Since the tops did not collapse from this amount of core damage we know that the FOS was at exceeded. This means that a column can support more load than it was designed to support... In this case 1/3 of the loads were now being re distributed to the remaining columns. If it were an equal load redistribution... 16 columns shared an extra 33% of the load or about 2% each.
If we look at any particular column... such as one of the strong corners which supported 7% of the loads prior to the plane strike ... it now was carrying and extra 2% bringing it to 9% of the total floor load. Its load has increased 35%
I did an Factor of Safety study of the WTC steel and determined it was about 1.65. This is not a precise number because it is derived from a ratio of the entire set of column's yield strength divided by the mass of the tower.. the load those columns support. My 1.65 number was based on a mass of 500,000 tons... with the A36 steel with a total yield strength of around 800,000 tons. If the towers mass was lower, the FOS would increase. Urich came to a mass of about 400,000 tons... giving an FOS of 2. My guess is that GU's mass is too low and perhaps 500,000 tons is too high. But it's safe to say the FOS was between 1.65 and 2.0. The average FOS for steel skyscrapers is apparently 1.42... so it appears that the twins were stronger than average.
Returning to the NIST assessment... 33% of the yield strength has been removed... the core can now support .67 x 800,000 tons or 536,00 tons. If the mass had been 500,000 tons the remain core was approaching its limit and the FOS was perilously now close to 1 at about 1.07! If the mass was 400K tons, the FOS was down to 1.34
Now we need to consider the effect of heat on the strength of the remaining steel. If steel is heated by 300°C it loses 20% of its yield strength. We do know that there were fires up there. We don't know how hot they were or how extensive they were. We do know that for wtc 2 they burned for about 1 hr. And so we don't know how much they might have weakened the steel.

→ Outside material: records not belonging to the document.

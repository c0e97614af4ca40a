// Colors blocks and names of object types: what is read with no table.
ghost use Rattle.std.specs.Prelude.{◌≡◌};
ghost use Rattle.base.specs.Bytes.{ascii, same, within};
ghost use Rattle.rules.specs.Kind.{object_kind, ColorsSkipped};

use base::refusal::Refusal;
use base::{Range, same_bytes};
use cursor::Cursor;
use input::Text;
use table::kind::ObjectKind;
use token_kind::Token;

pub fn object_type(bundle: &[u8], a: Range) -> Option<ObjectKind>
    ensures { result ≡ object_kind (within a bundle.now) }
{
    type_of(base::part(bundle, a))
}

#[tactic(auto, using(crate::proofs::TypeNames::types))]
fn type_of(name: &[u8]) -> Option<ObjectKind>
    ensures { result ≡ object_kind name.now }
{
    match name {
        b"*" => Some(ObjectKind::All),
        b"canvas" => Some(ObjectKind::Canvas),
        b"meta" => Some(ObjectKind::Meta),
        b"node" => Some(ObjectKind::Node),
        b"way" | b"line" => Some(ObjectKind::Way),
        b"area" => Some(ObjectKind::Area),
        _ => None,
    }
}

pub fn is_colors(bundle: &[u8], a: Range) -> bool
    ensures { result ≡ same (within a bundle.now) (ascii "colors") }
{
    same_bytes(base::part(bundle, a), b"colors")
}

// Past the closing brace of a colors block.
pub fn skip_colors(text: Text, c: Cursor) -> Result<Cursor, Refusal>
    ensures { ColorsSkipped text.entry.bundle.now text.entry.source c result }
{
    let mut at = c;
    loop {
        let (t, _, d) = text.read_mandatory_token(at)?;
        if t == Token::RightBrace {
            return Ok(d);
        }
        at = d;
    }
}
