// The entity: its layout and its UTF-8, alone and in a stream.
#![tactic(auto)]

ghost use Rattle.std.specs.Prelude.{◌≡◌, map};
ghost use Rattle.base.specs.Map.{key_of};
ghost use Rattle.base.specs.Refusal.{of_entity};
ghost use Rattle.group.specs.Pair.{entries_left};
ghost use Rattle.entity.specs.Layout.{kind_fits, rising, closed_of, tags_at, entity_at, single_of, next_of, nth_from};

use base::refusal::{ENTITY_LAYOUT, NOT_UTF8, Refusal};
use base::{Range, bytes_precede, part};
use group::Pairs;

// Which kinds a caller takes.
#[derive(Clone, Copy)]
pub enum Sort {
    Any,
    Nodes,
    Areas,
}

// An entity's kind and id, and where its tags stand: `count` pairs from `tags` up to `end`.
#[derive(Clone, Copy)]
pub struct EntityRange {
    pub kind: u8,
    pub id: u64,
    pub tags: usize,
    pub count: usize,
    pub end: usize,
}

// An entity: the bytes that it stands in, and where.
#[derive(Clone, Copy)]
pub struct Entity<'a> {
    pub bytes: &'a [u8],
    pub range: EntityRange,
}

impl<'a> Entity<'a> {
    // The tags, as pairs of ranges of the bytes.
    pub fn tags(self) -> Pairs<'a>
        ensures { result ≡ record { s = self.entry.bytes; at = self.entry.range.tags; count = self.entry.range.count } }
    {
        Pairs::new(self.bytes, self.range.tags, self.range.count)
    }
}

// A place in a stream of nodes or ways, or of multipolygons.
#[derive(Clone, Copy)]
pub struct StreamPlace {
    pub multipolygons: bool,
    pub place: usize,
}

// The place of a single entity.
pub const ALONE: StreamPlace = StreamPlace {
    multipolygons: false,
    place: 0,
};

impl StreamPlace {
    // The refusal of the entity that stands here.
    pub fn refuse(self, number: usize) -> Refusal
        ensures { result ≡ of_entity number self.multipolygons self.place }
    {
        Refusal::of_entity(number, self.multipolygons, self.place)
    }
}

// Checks a single entity of any kind: its layout (refusal 7), then its UTF-8 (refusal 2).
#[tactic(auto, unfolding(base::specs::Choice::pick, crate::specs::Layout::single_of, crate::specs::Layout::tags_of, base::specs::Option::on_option))]
pub fn single_entity(s: &[u8]) -> Result<EntityRange, Refusal>
    ensures { result ≡ single_of s.now }
{
    let e = entity_at(s, 0, Sort::Any).ok_or(ALONE.refuse(ENTITY_LAYOUT))?;
    if e.end != s.len() {
        return Err(ALONE.refuse(ENTITY_LAYOUT));
    }
    if (Entity { bytes: s, range: e }).tags().are_utf8() {
        return Ok(e);
    }
    Err(ALONE.refuse(NOT_UTF8))
}

// The next entity of a stream, behind byte `at`, checked as a single one is; None at the end.
#[tactic(auto, unfolding(base::specs::Choice::pick, crate::specs::Layout::next_of, crate::specs::Layout::tags_of, base::specs::Option::on_option))]
pub fn next_entity(
    s: &[u8],
    sort: Sort,
    at: usize,
    place: StreamPlace,
) -> Result<Option<EntityRange>, Refusal>
    ensures { result ≡ next_of sort place.multipolygons s.now at place.place }
{
    if 1048576 < s.len() {
        return Err(StreamPlace { place: 0, ..place }.refuse(ENTITY_LAYOUT));
    }
    if s.len() <= at {
        return Ok(None);
    }
    let e = entity_at(s, at, sort).ok_or(place.refuse(ENTITY_LAYOUT))?;
    if (Entity { bytes: s, range: e }).tags().are_utf8() {
        return Ok(Some(e));
    }
    Err(place.refuse(NOT_UTF8))
}

// Entity number k, from 0, of a stream, as a range.
pub fn nth_entity(s: &[u8], sort: Sort, k: usize) -> Option<Range>
    ensures { result ≡ nth_from k sort s.now 0 }
{
    let mut at: usize = 0;
    for _ in 0..k {
        let e = entity_at(s, at, sort)?;
        at = e.end;
    }
    let e = entity_at(s, at, sort)?;
    Some(Range {
        from: at,
        to: e.end,
    })
}

// The layout of the entity at a place: kind, id, tag count, tags.
#[tactic(auto, unfolding(base::specs::Choice::pick, crate::specs::Layout::entity_at, base::specs::Option::on_option))]
pub fn entity_at(s: &[u8], at: usize, sort: Sort) -> Option<EntityRange>
    ensures { result ≡ entity_at sort s.now at }
{
    let kind = *s.get(at)?;
    if !kind_fits(sort, kind) {
        return None;
    }
    let (id, next) = group::number_at(s, at + 1, u64::MAX)?;
    tags_at(s, at, kind, id, next)
}

// Whether a caller takes a kind.
fn kind_fits(sort: Sort, kind: u8) -> bool
    ensures { result ≡ kind_fits sort kind }
{
    match sort {
        Sort::Any => kind <= 2,
        Sort::Nodes => kind == 0,
        Sort::Areas => 1 <= kind && kind <= 2,
    }
}

// The tags of the entity at a place, from its tag count on.
#[tactic(auto, unfolding(crate::specs::Layout::tags_at, base::specs::Option::on_option))]
fn tags_at(s: &[u8], at: usize, kind: u8, id: u64, from: usize) -> Option<EntityRange>
    ensures { result ≡ tags_at s.now at kind id from }
{
    let (n, tags) = group::number_at(s, from, 256)?;
    let count = n as usize;
    let end = Pairs::new(s, tags, count).end()?;
    closed(
        s,
        at,
        EntityRange {
            kind,
            id,
            tags,
            count,
            end,
        },
    )
}

// An entity has at most 65,536 bytes, and its keys rise.
#[tactic(auto, unfolding(base::specs::Choice::pick, crate::specs::Layout::closed_of, crate::specs::Layout::tags_of))]
fn closed(s: &[u8], at: usize, e: EntityRange) -> Option<EntityRange>
    ensures { result ≡ closed_of s.now at e }
{
    if 65536 < e.end.saturating_sub(at) {
        return None;
    }
    keys_rise(Entity { bytes: s, range: e }.tags()).then_some(e)
}

// Whether the keys of tags rise strictly, bytewise.
fn keys_rise(tags: Pairs) -> bool
    ensures { result ≡ rising (map key_of (entries_left tags.entry)) }
{
    tags.is_sorted_by(|(a, _), (b, _)| bytes_precede(part(tags.s, *a), part(tags.s, *b)))
}
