// Rules: a selector is stored at its comma or brace, a rule at its closing brace, a colors block too.
#![tactic(auto)]

ghost use Rattle.std.specs.Prelude.{◌≡◌};
ghost use Rattle.keep.specs.Lent.{colors_of, lent_in, beside_selectors, beside_rules};
ghost use Rattle.table.specs.Kind.{object_number};
ghost use Rattle.rules.specs.Rules.{PartRead, AfterColon, AfterColons, SelectorKept, SelectorRead, NextRead, ChoiceRead, StartRead, WordStart, RuleKept, BodyRead, BlockRead, RuleRead};

use base::Range;
use base::refusal::{OBJECT_TYPE, PARSE, RULES, Refusal, SELECTORS, TABLE_FULL, UNEXPECTED_TOKEN};
use cursor::Cursor;
use input::tokens::{refuse, refuse_reached};
use input::{Place, Source, Text};
use keep::Store;
use kind::{is_colors, object_type, skip_colors};
use properties::read_properties;
use table::kind::ObjectKind;
use tests::read_test;
use token_kind::Token;

mod kind;

// A part of a selector: its end, and whether more selectors come; a zoom range; a test's bracket; a class; the layer's name.
#[derive(Clone, Copy)]
pub enum Part {
    Closing(bool, Cursor),
    Zoom(Option<u8>, Option<u8>, Cursor),
    Bracket(Cursor),
    Class(Cursor),
    Layer(Range, Cursor),
}

// What the first token of a selector begins: the properties, a colors block, or a selector of an object type.
#[derive(Clone, Copy)]
pub enum Start {
    Body,
    ColorsBlock,
    Object(ObjectKind),
}

// The class behind a colon, which is dropped.
fn read_class(text: Text, c: Cursor) -> Result<Part, Refusal>
    ensures { AfterColon text.entry.bundle.now text.entry.source c result }
{
    let (_, d) = text.read_identifier(c)?;
    Ok(Part::Class(d))
}

// The layer's name behind two colons.
fn read_layer(text: Text, c: Cursor) -> Result<Part, Refusal>
    ensures { AfterColons text.entry.bundle.now text.entry.source c result }
{
    let (a, d) = text.read_identifier(c)?;
    Ok(Part::Layer(a, d))
}

fn read_part(text: Text, c: Cursor) -> Result<Part, Refusal>
    ensures { PartRead text.entry.bundle.now text.entry.source c result }
{
    let (t, o, d) = text.read_mandatory_token(c)?;
    match t {
        Token::LeftBrace => Ok(Part::Closing(false, d)),
        Token::Comma => Ok(Part::Closing(true, d)),
        Token::ZoomRange(a, b) => Ok(Part::Zoom(a, b, d)),
        Token::LeftBracket => Ok(Part::Bracket(d)),
        Token::Colon => read_class(text, d),
        Token::DoubleColon => read_layer(text, d),
        _ => Err(refuse(PARSE, UNEXPECTED_TOKEN, o)),
    }
}

// Stores a selector with the tests that no selector has.
fn store_selector(
    source: Source,
    kind: ObjectKind,
    min: Option<u8>,
    max: Option<u8>,
    layer: Option<Range>,
    c: Cursor,
    store: &mut Store<'_>,
) -> Result<Cursor, Refusal>
    ensures read { SelectorKept source (object_number kind) min max layer c (lent_in store.old) (lent_in store.new) result }
    ensures beside { beside_selectors store.new ≡ beside_selectors store.old }
{
    store
        .keep_selector(kind.number(), min, max, layer)
        .ok_or(refuse_reached(TABLE_FULL, SELECTORS, source, c))?;
    Ok(c)
}

// Behind the object type of a selector.
fn read_selector(
    text: Text,
    kind: ObjectKind,
    c: Cursor,
    store: &mut Store<'_>,
) -> Result<(bool, Cursor), Refusal>
    ensures read { SelectorRead text.entry.bundle.now text.entry.source (object_number kind) c (lent_in store.old) (lent_in store.new) result }
    ensures beside { beside_selectors store.new ≡ beside_selectors store.old }
{
    let mut min = None;
    let mut max = None;
    let mut layer = None;
    let mut at = c;
    loop {
        at = match read_part(text, at)? {
            Part::Closing(more, d) => {
                let e = store_selector(text.source, kind, min, max, layer, d, store)?;
                return Ok((more, e));
            }
            Part::Zoom(a, b, d) => {
                min = a;
                max = b;
                d
            }
            Part::Bracket(d) => read_test(text, d, store)?,
            Part::Class(d) => d,
            Part::Layer(a, d) => {
                layer = Some(a);
                d
            }
        };
    }
}

// A selector, and if more come, the first token of the next and where that begins; and the place behind.
fn read_choice(
    text: Text,
    kind: ObjectKind,
    c: Cursor,
    store: &mut Store<'_>,
) -> Result<(Option<(Token, Place)>, Cursor), Refusal>
    ensures read { ChoiceRead text.entry.bundle.now text.entry.source (object_number kind) c (lent_in store.old) (lent_in store.new) result }
    ensures beside { beside_selectors store.new ≡ beside_selectors store.old }
{
    let (more, d) = read_selector(text, kind, c, store)?;
    if more {
        return next_choice(text, d);
    }
    Ok((None, d))
}

// The first token of the next selector.
fn next_choice(text: Text, c: Cursor) -> Result<(Option<(Token, Place)>, Cursor), Refusal>
    ensures { NextRead text.entry.bundle.now text.entry.source c result }
{
    let (t, o, d) = text.read_mandatory_token(c)?;
    Ok((Some((t, o)), d))
}

// A name at the start of a selector.
fn word_start(bundle: &[u8], a: Range, o: Place) -> Result<Start, Refusal>
    ensures { WordStart bundle.now a o result }
{
    if is_colors(bundle, a) {
        return Ok(Start::ColorsBlock);
    }
    let kind = object_type(bundle, a).ok_or(refuse(PARSE, OBJECT_TYPE, o))?;
    Ok(Start::Object(kind))
}

fn rule_start(bundle: &[u8], t: Token, o: Place) -> Result<Start, Refusal>
    ensures { StartRead bundle.now t o result }
{
    match t {
        Token::LeftBrace => Ok(Start::Body),
        Token::Identifier(a) => word_start(bundle, a, o),
        _ => Err(refuse(PARSE, UNEXPECTED_TOKEN, o)),
    }
}

// Stores a rule with the selectors and properties that no rule has.
fn store_rule(source: Source, c: Cursor, store: &mut Store<'_>) -> Result<Cursor, Refusal>
    ensures read { RuleKept source c (lent_in store.old) (lent_in store.new) result }
    ensures beside { beside_rules store.new ≡ beside_rules store.old }
{
    store
        .keep_rule()
        .ok_or(refuse_reached(TABLE_FULL, RULES, source, c))?;
    Ok(c)
}

// Behind the opening brace of a rule.
fn read_body(text: Text, c: Cursor, store: &mut Store<'_>, known: usize) -> Result<Cursor, Refusal>
    ensures read { BodyRead text.entry.bundle.now text.entry.source c (colors_of text.entry.bundle.now store.old.colors.now known) (lent_in store.old) (lent_in store.new) result }
    ensures beside { beside_rules store.new ≡ beside_rules store.old }
{
    let d = read_properties(text, c, store, known)?;
    store_rule(text.source, d, store)
}

// Behind the word colors.
fn read_block(text: Text, c: Cursor, store: &mut Store<'_>) -> Result<Cursor, Refusal>
    ensures read { BlockRead text.entry.bundle.now text.entry.source c (lent_in store.old) (lent_in store.new) result }
    ensures beside { beside_rules store.new ≡ beside_rules store.old }
{
    let d = skip_colors(text, c)?;
    store_rule(text.source, d, store)
}

// From the first token of a rule on, which begins at o.
pub fn read_rule(
    text: Text,
    t: Token,
    o: Place,
    c: Cursor,
    store: &mut Store<'_>,
) -> Result<Cursor, Refusal>
    ensures read { RuleRead text.entry.bundle.now text.entry.source t o c (lent_in store.old) (lent_in store.new) result }
    ensures beside { beside_rules store.new ≡ beside_rules store.old }
{
    let known = store.tally.colors;
    let mut first = t;
    let mut begins = o;
    let mut at = c;
    loop {
        match rule_start(text.bundle, first, begins)? {
            Start::Body => return read_body(text, at, store, known),
            Start::ColorsBlock => return read_block(text, at, store),
            Start::Object(kind) => {
                let (next, d) = read_choice(text, kind, at, store)?;
                let Some((u, p)) = next else {
                    return read_body(text, d, store, known);
                };
                first = u;
                begins = p;
                at = d;
            }
        }
    }
}
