Runs the first section of SCRIPT alone, and then each of the others, 16 at most, by a control
thread of its own: all submit their transactions to one control, and one that was prepared
against an older generation is submitted again. Writes what became of the transactions, in the
order in which they were done, as comments, and then the sets of the last generation as a
script. In a comment the word clerk is a control thread, with its number: clerk 2 runs the third
section. SCRIPT may be -, the standard input.

options, before or after the name:
  --keep-going   a refused change is skipped, and doesn't fail its transaction
  --sets         each script is a ruleset: its sets are read, and the rest is named

statuses: 0 done, 1 done with a refused change, 3 SCRIPT isn't in its grammar, 12 it has more
than 17 sections, 5 it can't be read, 6 the standard output failed, 7 out of memory, 8 SCRIPT
is too large
";

/// The page of `get`.
pub const GET: &str = "\
usage: pipapo get [--at MOMENT] [--keep-going] [--sets] SCRIPT [FAMILY] TABLE SET VALUE . VALUE ..

Runs SCRIPT, and looks a key up in the last generation of its set. The words after SCRIPT are
one line of a key file, without braces. They may be one word in quotes. Prints the earliest live
element that holds the key, as list writes it, and the line that added it; or none. Refused changes
come first, as comments. SCRIPT may be -, the standard input.

An example, for the set allowed of the table ip filter:

  pipapo get allow.nft ip filter allowed 192.0.2.7 . 443

options, before SCRIPT:
  --at MOMENT    the moment of the lookup in milliseconds, at most 1000000000000000; without it
                 the script's last moment
  --keep-going   a refused change is skipped, and doesn't fail its transaction
  --sets         each script is a ruleset: its sets are read, and the rest is named

statuses: 0 an element holds the key and no change was refused, 1 no element does or a change
was refused, 3 SCRIPT isn't in its grammar, 13 the words are no key, 5 SCRIPT can't be read, 6 the
standard output failed, 7 out of memory, 8 SCRIPT is too large
";

/// The page of `explain`.
pub const EXPLAIN: &str = "\
usage: pipapo explain SCRIPT KEYS [--keep-going] [--sets]

Runs SCRIPT, and explains the answer to each packet of the key file KEYS. A packet is looked up at
its own moment, in the last generation of its section. The answer is the earliest live element that
holds the key. Prints it with its line and the time until it expires. Then come the later elements
that hold the key: the first eight, and how many more there are.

If we look at another column such as the ones on the short span side. They too picked up an additional 2% of the total load. Those columns were each originally supporting about 2.5% of the loads... and now picked up 2% bring them to 4.5%. The problem here is that if they had an FOS of 2 they were seeing about an 80% increase in loads and this exceeded their yield strength. It would seem that they would have buckled from the redistributed uploading.
My hunch is that there was load redistribution to the 23 columns in the center of the core AND there was not an equal load redistribution to all remaining columns. The hat truss now was pulled into service and part of the core was in tension now *hanging* from the hat truss which was loading up the columns it was bearing on which were continuous to the foundations. The hat truss had 8 trusses with 4 in each axis over the outside rows and the two center rows.
What we can't know is:
How much did heat from fires weaken the remain columns?
How extensive was the plane damage to the core
If there were any devices to attack the core (there didn't need to be too many)
We do know that the progressive failure of the core took about 1 hr for wtc 2... and once the core's FOS descended below 1 the remaining columns buckled and the tops section descended and tilted favoring the most damaged side of the core.
The core collapsed up there because the remaining columns could not support the loads upon them... the redistributed loads overwhelmed those columns.
Could devices have been dislodged from the core and made their way to the NE corner? Perhaps. But that seems highly unlikely.
I think more study about the weakening of heat is in order. How much heat would it take to reduce the strength sufficiently to buckle those columns???